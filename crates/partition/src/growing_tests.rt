ghost use Rattle.std.specs.Prelude.{All, IfOk, IfSome, IsTrue};
ghost use Rattle.partition.specs.Internal.SharedEdges.{IsSharedEdge};

use crate::growing::grown_order;
use crate::shared_edges::SharedEdges;
use geom_core::Memory;
use std::alloc::Global;
use std::test::Fail;

/// Whether the items ascend, each below the limit.
fn is_shared_edge(items: &[u32], limit: usize) -> bool
    ensures { IsTrue result → IsSharedEdge limit items.now }
{
    let mut low = 0;
    for item in items {
        if *item < low || *item as usize >= limit {
            return false;
        }
        low = *item;
    }
    true
}

/// Whether each shared edge ascends, with items below the count.
fn are_shared_edges(shared: &SharedEdges, count: u32) -> bool
    ensures { IsTrue result → All (IsSharedEdge count) shared.now }
{
    for edge in 0..shared.len() {
        if !is_shared_edge(shared.items_on(edge), count as usize) {
            return false;
        }
    }
    true
}

/// The shared edges whose items follow one another in `items`, if they ascend and are below the count.
fn shared_edges_of(
    alloc: Global,
    items: &[u32],
    starts: &[u32],
    count: u32,
) -> Result<Option<SharedEdges>, Memory>
    ensures { IfOk result (λ shared. IfSome shared (λ shared. All (IsSharedEdge count) shared)) }
{
    if !is_shared_edge(starts, items.len() + 1) {
        return Ok(None);
    }
    let starts: Vec<usize> = starts.iter().map(|start| *start as usize).collect(alloc)?;
    let shared = SharedEdges::of(Vec::from_slice(alloc, items)?, starts);
    if !are_shared_edges(&shared, count) {
        return Ok(None);
    }
    Ok(Some(shared))
}

/// The case, the number of items, the items of the shared edges, where each edge begins and the last one ends,
/// the size of a batch, and the order.
type Row<'a> = (&'a str, u32, &'a [u32], &'a [u32], u32, &'a [u32]);

#[test]
fn orders_grow_by_the_rule(rt: HostRuntime) -> Result<(), Fail> {
    let rows: [Row; 14] = [
        ("no run: by number", 5, &[], &[0], 2, &[0, 1, 2, 3, 4]),
        (
            "strip of three squares",
            6,
            &[0, 1, 0, 3, 2, 3, 2, 5, 4, 5],
            &[0, 2, 4, 6, 8, 10],
            128,
            &[0, 1, 3, 2, 5, 4],
        ),
        (
            "the same by four",
            6,
            &[0, 1, 0, 3, 2, 3, 2, 5, 4, 5],
            &[0, 2, 4, 6, 8, 10],
            4,
            &[0, 1, 3, 2, 4, 5],
        ),
        (
            "fan round a point",
            6,
            &[0, 2, 2, 4, 1, 4, 1, 5, 3, 5, 0, 3],
            &[0, 2, 4, 6, 8, 10, 12],
            3,
            &[0, 2, 3, 1, 4, 5],
        ),
        (
            "all in one run",
            7,
            &[0, 1, 2, 3, 4, 5, 6],
            &[0, 7],
            3,
            &[0, 1, 2, 3, 4, 5, 6],
        ),
        (
            "one item in every run",
            6,
            &[0, 5, 1, 5, 2, 5, 3, 5, 4, 5],
            &[0, 2, 4, 6, 8, 10],
            4,
            &[0, 5, 1, 2, 3, 4],
        ),
        (
            "one item in every run, by seven",
            6,
            &[0, 5, 1, 5, 2, 5, 3, 5, 4, 5],
            &[0, 2, 4, 6, 8, 10],
            7,
            &[0, 5, 1, 2, 3, 4],
        ),
        (
            "two parts, one after the other",
            6,
            &[0, 2, 2, 4, 1, 3, 3, 5],
            &[0, 2, 4, 6, 8],
            6,
            &[0, 2, 4, 1, 3, 5],
        ),
        (
            "two parts, in batches of two",
            6,
            &[0, 2, 2, 4, 1, 3, 3, 5],
            &[0, 2, 4, 6, 8],
            2,
            &[0, 2, 1, 3, 4, 5],
        ),
        (
            "a neighbour of the batch before",
            5,
            &[0, 1, 0, 3, 3, 4],
            &[0, 2, 4, 6],
            2,
            &[0, 1, 2, 3, 4],
        ),
        (
            "a run twice, and an empty one",
            4,
            &[0, 3, 0, 3],
            &[0, 2, 2, 4],
            4,
            &[0, 3, 1, 2],
        ),
        (
            "batches of one",
            4,
            &[0, 3, 1, 2],
            &[0, 2, 4],
            1,
            &[0, 1, 2, 3],
        ),
        (
            "three to a run",
            9,
            &[0, 4, 8, 1, 4, 7, 2, 4, 6],
            &[0, 3, 6, 9],
            5,
            &[0, 4, 1, 2, 6, 3, 5, 7, 8],
        ),
        ("no item", 0, &[], &[0], 4, &[]),
    ];
    for (name, count, items, starts, size, want) in rows {
        assert!(rt; count <= 100 && size > 0, "{name}");
        let Some(shared) = shared_edges_of(rt.alloc(), items, starts, count)? else {
            panic!(rt; "{name}: no runs");
        };
        let order = grown_order(rt.alloc(), count, &shared, size)?;
        assert_eq!(rt; order.as_slice(), want, "{name}");
    }
    Ok(())
}

#[test]
fn an_order_or_want_of_memory(rt: HostRuntime) -> Result<(), Fail> {
    let (items, starts) = ([0, 1, 0, 3, 2, 3], [0, 2, 4, 6]);
    let Ok(Some(shared)) = shared_edges_of(rt.alloc(), &items, &starts, 4) else {
        return Ok(());
    };
    match grown_order(rt.alloc(), 4, &shared, 3) {
        Ok(order) => assert_eq!(rt; order.as_slice(), [0, 1, 3, 2].as_slice()),
        Err(Memory) => (),
    }
    Ok(())
}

**PROBLEM**: Output the entire listing precisely as it stands.

**ANSWER TO THIS EXERCISE**:
filename crates/partition/src/growing_tests.rt
ghost use Rattle.std.specs.Prelude.{All, IfOk, IfSome, IsTrue};
ghost use Rattle.partition.specs.Internal.SharedEdges.{IsSharedEdge};

use crate::growing::grown_order;
use crate::shared_edges::SharedEdges;
use geom_core::Memory;
use std::alloc::Global;
use std::test::Fail;

/// Whether the items ascend, each below the limit.
fn is_shared_edge(items: &[u32], limit: usize) -> bool
    ensures { IsTrue result → IsSharedEdge limit items.now }
{
    let mut low = 0;
    for item in items {
        if *item < low || *item as usize >= limit {
            return false;
        }
        low = *item;
    }
    true
}

/// Whether each shared edge ascends, with items below the count.
fn are_shared_edges(shared: &SharedEdges, count: u32) -> bool
    ensures { IsTrue result → All (IsSharedEdge count) shared.now }
{
    for edge in 0..shared.len() {
        if !is_shared_edge(shared.items_on(edge), count as usize) {
            return false;
        }
    }
    true
}

/// The shared edges whose items follow one another in `items`, if they ascend and are below the count.
fn shared_edges_of(
    alloc: Global,
    items: &[u32],
    starts: &[u32],
    count: u32,
) -> Result<Option<SharedEdges>, Memory>
    ensures { IfOk result (λ shared. IfSome shared (λ shared. All (IsSharedEdge count) shared)) }
{
    if !is_shared_edge(starts, items.len() + 1) {
        return Ok(None);
    }
    let starts: Vec<usize> = starts.iter().map(|start| *start as usize).collect(alloc)?;
    let shared = SharedEdges::of(Vec::from_slice(alloc, items)?, starts);
    if !are_shared_edges(&shared, count) {
        return Ok(None);
    }
    Ok(Some(shared))
}

/// The case, the number of items, the items of the shared edges, where each edge begins and the last one ends,
/// the size of a batch, and the order.
type Row<'a> = (&'a str, u32, &'a [u32], &'a [u32], u32, &'a [u32]);

#[test]
fn orders_grow_by_the_rule(rt: HostRuntime) -> Result<(), Fail> {
    let rows: [Row; 14] = [
        ("no run: by number", 5, &[], &[0], 2, &[0, 1, 2, 3, 4]),
        (
            "strip of three squares",
            6,
            &[0, 1, 0, 3, 2, 3, 2, 5, 4, 5],
            &[0, 2, 4, 6, 8, 10],
            128,
            &[0, 1, 3, 2, 5, 4],
        ),
        (
            "the same by four",
            6,
            &[0, 1, 0, 3, 2, 3, 2, 5, 4, 5],
            &[0, 2, 4, 6, 8, 10],
            4,
            &[0, 1, 3, 2, 4, 5],
        ),
        (
            "fan round a point",
            6,
            &[0, 2, 2, 4, 1, 4, 1, 5, 3, 5, 0, 3],
            &[0, 2, 4, 6, 8, 10, 12],
            3,
            &[0, 2, 3, 1, 4, 5],
        ),
        (
            "all in one run",
            7,
            &[0, 1, 2, 3, 4, 5, 6],
            &[0, 7],
            3,
            &[0, 1, 2, 3, 4, 5, 6],
        ),
        (
            "one item in every run",
            6,
            &[0, 5, 1, 5, 2, 5, 3, 5, 4, 5],
            &[0, 2, 4, 6, 8, 10],
            4,
            &[0, 5, 1, 2, 3, 4],
        ),
        (
            "one item in every run, by seven",
            6,
            &[0, 5, 1, 5, 2, 5, 3, 5, 4, 5],
            &[0, 2, 4, 6, 8, 10],
            7,
            &[0, 5, 1, 2, 3, 4],
        ),
        (
            "two parts, one after the other",
            6,
            &[0, 2, 2, 4, 1, 3, 3, 5],
            &[0, 2, 4, 6, 8],
            6,
            &[0, 2, 4, 1, 3, 5],
        ),
        (
            "two parts, in batches of two",
            6,
            &[0, 2, 2, 4, 1, 3, 3, 5],
            &[0, 2, 4, 6, 8],
            2,
            &[0, 2, 1, 3, 4, 5],
        ),
        (
            "a neighbour of the batch before",
            5,
            &[0, 1, 0, 3, 3, 4],
            &[0, 2, 4, 6],
            2,
            &[0, 1, 2, 3, 4],
        ),
        (
            "a run twice, and an empty one",
            4,
            &[0, 3, 0, 3],
            &[0, 2, 2, 4],
            4,
            &[0, 3, 1, 2],
        ),
        (
            "batches of one",
            4,
            &[0, 3, 1, 2],
            &[0, 2, 4],
            1,
            &[0, 1, 2, 3],
        ),
        (
            "three to a run",
            9,
            &[0, 4, 8, 1, 4, 7, 2, 4, 6],
            &[0, 3, 6, 9],
            5,
            &[0, 4, 1, 2, 6, 3, 5, 7, 8],
        ),
        ("no item", 0, &[], &[0], 4, &[]),
    ];
    for (name, count, items, starts, size, want) in rows {
        assert!(rt; count <= 100 && size > 0, "{name}");
        let Some(shared) = shared_edges_of(rt.alloc(), items, starts, count)? else {
            panic!(rt; "{name}: no runs");
        };
        let order = grown_order(rt.alloc(), count, &shared, size)?;
        assert_eq!(rt; order.as_slice(), want, "{name}");
    }
    Ok(())
}

#[test]
fn an_order_or_want_of_memory(rt: HostRuntime) -> Result<(), Fail> {
    let (items, starts) = ([0, 1, 0, 3, 2, 3], [0, 2, 4, 6]);
    let Ok(Some(shared)) = shared_edges_of(rt.alloc(), &items, &starts, 4) else {
        return Ok(());
    };
    match grown_order(rt.alloc(), 4, &shared, 3) {
        Ok(order) => assert_eq!(rt; order.as_slice(), [0, 1, 3, 2].as_slice()),
        Err(Memory) => (),
    }
    Ok(())
}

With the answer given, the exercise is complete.